_PROMPT_
In the entries that follow, find each line with the word "credit" and copy it.

[Dataset excerpts]
//! What follows for a book from the definitions of the commands, whatever keeps it. All are laws, except the call of
//! the resolver: a law's function does nothing, and its contract is the law.
//!
//! "The files of a command" say what a command does to a book: rtgs_book Balance, Books, Choice, Commands, Lookup,
//! Outcome, Queue, Settle, Step, answer.rt, book.rt, command.rt, day.rt, limits.rt, mark.rt, new_day.rt, new_order.rt,
//! order.rt, order_state.rt, participant.rt, phase.rt, posting.rt, refusal.rt, rows.rt; rtgs_lists IntSum; rtgs_money
//! Date, amount.rt, cents.rt, code.rt, credit.rt, date.rt, key_digest.rt, name.rt, posting_amount.rt, reference.rt,
//! text.rt.
ghost use Rattle.std.specs.Prelude.{◌≡◌, List, ◌≤◌, ◌+◌, ◌*◌, length, slice_index, ◌+ℤ◌, ◌≤ℤ◌, true, ℕ, [], ◌++◌};
ghost use Rattle.std.specs.Prelude.{filter, take, sum_by, Ok};
ghost use Rattle.std.specs.List.{AllByRecursion};
ghost use Rattle.std.specs.Str.{bytes_eq};
ghost use Rattle.rtgs_book.specs.Balance.{balance, floor, total, issued};
ghost use Rattle.rtgs_book.specs.Books.{is_queued};
ghost use Rattle.rtgs_book.specs.Calm.{IsCalm};
ghost use Rattle.rtgs_book.specs.Choice.{IsFeasible, IsGreatest, Choice, is_chosen, chosen};
ghost use Rattle.rtgs_book.specs.Laws.{KeepsWhatIsFinal, NothingSettlesEarly};
ghost use Rattle.rtgs_book.specs.Lookup.{codes_of};
ghost use Rattle.rtgs_book.specs.Outcome.{Reply, alone};
ghost use Rattle.rtgs_book.specs.Queue.{queue};
ghost use Rattle.rtgs_book.specs.Run.{Run, is_accepted, once};
ghost use Rattle.rtgs_book.specs.Session.{Session, IsLife, MayFind, open_command};
ghost use Rattle.rtgs_book.specs.Soundness.{IsSound};
ghost use Rattle.rtgs_book.specs.Step.{Step, is_followed};
ghost use Rattle.rtgs_book.specs.declared.book.Book.{Book};
ghost use Rattle.rtgs_book.specs.declared.answer.Answer.TheVariants.{Closed};
ghost use Rattle.rtgs_book.specs.declared.command.Command.{Command};
ghost use Rattle.rtgs_book.specs.declared.command.Command.TheVariants.{CloseDay};
ghost use Rattle.rtgs_book.specs.declared.order.Order.{Order};
ghost use Rattle.rtgs_choices.specs.ByIndex.{positions_of, queues_of, by_code};
ghost use Rattle.rtgs_gridlock.specs.Choices.{AreResolvable, payment_count};
ghost use Rattle.rtgs_gridlock.specs.Workspaces.{HasRoomFor, lengths_of, steps_of};
ghost use Rattle.rtgs_promises.specs.Headline.{Resolves, EachResolves};
ghost use Rattle.rtgs_laws.specs.repeats.Batch.{IsOrderOf, MayComeAgain};
ghost use Rattle.rtgs_laws.specs.repeats.Kept.{AreKept};
ghost use Rattle.rtgs_laws.specs.repeats.Lasting.{IsKnown, posted_by};
ghost use Rattle.rtgs_laws.specs.repeats.Once.{once_replies};
ghost use Rattle.rtgs_laws.specs.repeats.Repeats.{acts_once};

use rtgs_book::laws::{
    chosen_are_beginnings, greatest_exists, greatest_is_unique, nothing_settles_before_it_is_due,
    total_is_issued,
};
use rtgs_choices::laws::greatest_means_greatest;
use rtgs_gridlock::{Positions, Queues, Workspace, greatest};
use rtgs_laws::laws::{
    followed_books_are_calm, run_keeps_calm, run_keeps_soundness, run_keeps_what_is_final,
    step_exists, step_is_determined, step_keeps_calm, step_keeps_soundness,
};
use rtgs_laws::repeats::laws::{
    acted_is_repeated, closing_had_no_gridlock, life_is_a_run, once_ends_alike, records_are_kept,
    runs_last, stopped_batch_ends_alike,
};

/// **Promise 3, and there is but one.** From a sound book each list of commands has exactly one list of replies and one
/// book after it, which is sound again.
// To judge it, read these 38 files: the files of a command; rtgs_book Soundness, Run.
pub fn commands_have_one_run()
    ensures some { (start : Book) (commands : List Command) → IsSound start
        → (replies : List Reply) × (last : Book) × Run start commands replies last × IsSound last }
    ensures one { (start last end : Book) (commands : List Command) (replies others : List Reply)
        → Run start commands replies last → Run start commands others end → (replies ≡ others) × (last ≡ end) }
{
    step_exists();
    step_is_determined();
    step_keeps_soundness();
}

/// **Promise 5. A resolution settles the most that can settle.** It settles together all orders of the greatest choice
/// of queue beginnings that leaves nobody below its floor, or there was nothing to settle: one that is asked for, and
/// one that follows a command on an automatic day. There is exactly one such choice. No command leaves anybody below
/// its floor.
// To judge it, read these 39 files: the files of a command; rtgs_promises Headline; rtgs_book Run, Soundness.
pub fn each_resolution_settles_the_greatest_choice()
    ensures one { (old new : Book) (command : Command) (reply : Reply) → Step old command reply new
        → Resolves old command reply new }
    ensures each { (start last : Book) (commands : List Command) (replies : List Reply)
        → Run start commands replies last → EachResolves start commands replies last }
    ensures exists { (book : Book) → IsSound book → (choice : Choice) × IsGreatest book choice }
    ensures unique { (book : Book) (one other : Choice) → IsGreatest book one → IsGreatest book other → one ≡ other }
    ensures beginnings { (book : Book) (choice : Choice) (code : List ℕ) → IsSound book
        → filter (λ (o : Order). bytes_eq o.sender code) (chosen book choice) ≡ take (choice code) (queue book code) }
    ensures cover { (old new : Book) (command : Command) (reply : Reply) → IsSound old → Step old command reply new
        → AllByRecursion (λ code. floor new code ≤ℤ balance new code) (codes_of new) }
{
    greatest_exists();
    greatest_is_unique();
    chosen_are_beginnings();
    step_keeps_soundness();
}

/// **Promise 5. And no choice settles more.** No choice of queue beginnings that leaves nobody below its floor has more
/// orders or more value than the greatest.
///
/// Each of its orders is among those of the greatest.
// To judge it, read these 25 files: rtgs_book Choice, Queue, Balance, Lookup, Books, book.rt, order.rt, rows.rt,
// participant.rt, posting.rt, mark.rt, day.rt, order_state.rt, phase.rt; rtgs_lists IntSum; rtgs_money code.rt,
// reference.rt, amount.rt, date.rt, name.rt, key_digest.rt, credit.rt, posting_amount.rt, cents.rt, text.rt.
pub fn no_choice_settles_more()
    ensures among { (book : Book) (greatest other : Choice) → IsGreatest book greatest → IsFeasible book other
        → (o : Order) → is_chosen book other o ≡ true → is_chosen book greatest o ≡ true }
    ensures orders { (book : Book) (greatest other : Choice) → IsGreatest book greatest → IsFeasible book other
        → length (chosen book other) ≤ length (chosen book greatest) }
    ensures value { (book : Book) (greatest other : Choice) → IsGreatest book greatest → IsFeasible book other
        → sum_by (λ (o : Order). o.amount) (chosen book other)
        ≤ sum_by (λ (o : Order). o.amount) (chosen book greatest) }
{}

/// **Promise 6. An automatic day leaves nothing that could settle.** After a command that a resolution follows, no
/// choice of queued orders could be settled, whatever was before. Once that is so it stays so, whatever is commanded,
/// and over any number of crashes, in each book that one of them left.
// To judge it, read these 40 files: the files of a command; rtgs_book Soundness, Calm, Run, Session.
pub fn an_automatic_day_leaves_nothing_to_settle()
    ensures followed { (old new : Book) (command : Command) (reply : Reply) → IsSound old
        → (s : Step old command reply new) → is_followed command s.0 ≡ true → IsCalm new }
    ensures step { (old new : Book) (command : Command) (reply : Reply) → IsSound old → IsCalm old
        → Step old command reply new → IsCalm new }
    ensures run { (start last : Book) (commands : List Command) (replies : List Reply) → IsSound start → IsCalm start
        → Run start commands replies last → IsCalm last }
    ensures life { (start found : Book) (sessions : List Session) → IsSound start → IsCalm start
        → IsLife start sessions found → AllByRecursion (λ (s : Session). IsCalm s.found) sessions × IsCalm found }
{
    followed_books_are_calm();
    step_keeps_calm();
    run_keeps_calm();
    life_is_a_run();
}

/// **Promise 7. Money is neither made nor lost.** All balances together are what was posted, and accepted postings
/// alone move their sum.
// To judge it, read these 40 files: the files of a command; rtgs_book Soundness, Run, Laws; rtgs_laws repeats.Lasting.
pub fn money_is_what_was_posted()
    ensures posted { (book : Book) → IsSound book → total book ≡ issued book }
    ensures moved { (start last : Book) (commands : List Command) (replies : List Reply) → IsSound start
        → Run start commands replies last → total last ≡ total start +ℤ posted_by commands replies }
{
    total_is_issued();
    runs_last();
}

/// **Promise 8. What is final stays.** A mark and a settled order stand unchanged in every later book. So do a
/// participant's name and key, a posting, and of each order its number and all that it said when sent: receiver, amount
/// and due date.
// To judge it, read these 41 files: the files of a command; rtgs_book Soundness, Run, Laws, Procedure; rtgs_laws
// repeats.Kept.
pub fn what_is_final_stays()
    ensures settled { (old new : Book) (commands : List Command) (replies : List Reply) → IsSound old
        → Run old commands replies new → KeepsWhatIsFinal old new }
    ensures recorded { (old new : Book) (commands : List Command) (replies : List Reply) → IsSound old
        → Run old commands replies new → AreKept old new }
{
    run_keeps_what_is_final();
    records_are_kept();
}

/// **Promise 9. Nothing settles before its due date.** No order is settled under a mark that is dated before the
/// order's due date, in no sound book, and so in none to which commands lead from one.
// To judge it, read these 40 files: the files of a command; rtgs_book Soundness, Laws, Run, Procedure.
pub fn nothing_settles_early()
    ensures sound { (book : Book) → IsSound book → NothingSettlesEarly book }
    ensures later { (start last : Book) (commands : List Command) (replies : List Reply) → IsSound start
        → Run start commands replies last → NothingSettlesEarly last }
{
    nothing_settles_before_it_is_due();
    run_keeps_soundness();
}

/// **Promise 10. What is sent twice acts once.** An addition, posting, order or withdrawal that was accepted is
/// answered as a repeat whenever it comes again, with the number that it was answered, and changes nothing. Of each
/// order and posting one is enough: the list without the others ends in the same book, with the same replies.
// To judge it, read these 41 files: the files of a command; rtgs_book Soundness, Run; rtgs_laws repeats.Repeats,
// repeats.Lasting, repeats.Once.
pub fn what_is_sent_twice_acts_once()
    ensures known { (old new : Book) (command : Command) (reply : Reply) → IsSound old → acts_once command ≡ true
        → is_accepted reply ≡ true → Step old command reply new → IsKnown new command reply }
    ensures once { (old new : Book) (commands : List Command) (replies : List Reply) → IsSound old
        → Run old commands replies new
        → Run old (once old commands replies) (once_replies old commands replies) new }
{
    acted_is_repeated();
    once_ends_alike();
}

/// **Promise 11. A batch can be sent again.** A batch of orders of one sender that stopped anywhere, also by a crash,
/// and is sent again from its first, ends as if it had been sent once. The order at which it stopped may have acted or
/// not. On an automatic day no order before the stop may have met a full queue: it could be taken the second time.
// To judge it, read these 40 files: the files of a command; rtgs_book Run, Soundness, Session; rtgs_laws repeats.Batch.
pub fn a_batch_sent_again_ends_as_if_sent_once()
    ensures { (start mid found last end : Book) (sender : List ℕ) (first rest : List Command)
        (said again once : List Reply) → IsSound start → AllByRecursion (IsOrderOf sender) (first ++ rest)
        → MayComeAgain start said → Run start first said mid
        → MayFind mid (open_command rest []) found → Run found (first ++ rest) again last
        → Run start (first ++ rest) once end → last ≡ end }
{
    stopped_batch_ends_alike();
}

/// **Promise 14. A resolution takes few steps.** With n participants and q queued orders the resolver finds the book's
/// greatest choice in at most n + 3q steps, a step being one cover test or one removal.
// To judge it, read these 38 files: rtgs_gridlock Choices, Workspaces, Fundings, positions.rt, queues.rt, workspace.rt,
// fundings.rt, worklist.rt; rtgs_book Soundness, Choice, Lookup, Books, Queue, Settle, Balance, book.rt, rows.rt,
// participant.rt, posting.rt, order.rt, mark.rt, day.rt, order_state.rt, phase.rt, limits.rt; rtgs_choices ByIndex;
// rtgs_money Date, code.rt, name.rt, key_digest.rt, credit.rt, reference.rt, posting_amount.rt, date.rt, amount.rt,
// cents.rt, text.rt; rtgs_lists IntSum.
pub fn the_greatest_choice_takes_few_steps(
    positions: &Positions,
    queues: &Queues,
    workspace: &mut Workspace,
)
    requires resolvable { AreResolvable positions.now queues.now }
    requires room { HasRoomFor workspace.old queues.now }
    ensures steps { steps_of workspace.new ≤ steps_of workspace.old + length queues.now + 3 * payment_count queues.now }
    ensures greatest { (book : Book) → IsSound book → positions.now ≡ positions_of book → queues.now ≡ queues_of book
        → IsGreatest book (by_code book (slice_index (lengths_of workspace.new))) }
{
    greatest_means_greatest();
    greatest(positions, queues, workspace);
}

/// **Promise 14. And a close rejects deadlocks alone.** When a day is closed, no order that was still queued could have
/// been settled by a resolution. The answer counts those that were queued.
// To judge it, read these 36 files: the files of a command.
pub fn a_close_rejects_deadlocks_alone()
    ensures choice { (old new : Book) (date count : ℕ) (choice : Choice)
        → Step old (CloseDay date) (alone (Ok (Closed count))) new → IsGreatest old choice → chosen old choice ≡ [] }
    ensures count { (old new : Book) (date count : ℕ) → Step old (CloseDay date) (alone (Ok (Closed count))) new
        → count ≡ length (filter is_queued old.orders) }
{
    closing_had_no_gridlock();
}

_ANSWER_
//! Date, amount.rt, cents.rt, code.rt, credit.rt, date.rt, key_digest.rt, name.rt, posting_amount.rt, reference.rt,
// reference.rt, amount.rt, date.rt, name.rt, key_digest.rt, credit.rt, posting_amount.rt, cents.rt, text.rt.
// rtgs_money Date, code.rt, name.rt, key_digest.rt, credit.rt, reference.rt, posting_amount.rt, date.rt, amount.rt,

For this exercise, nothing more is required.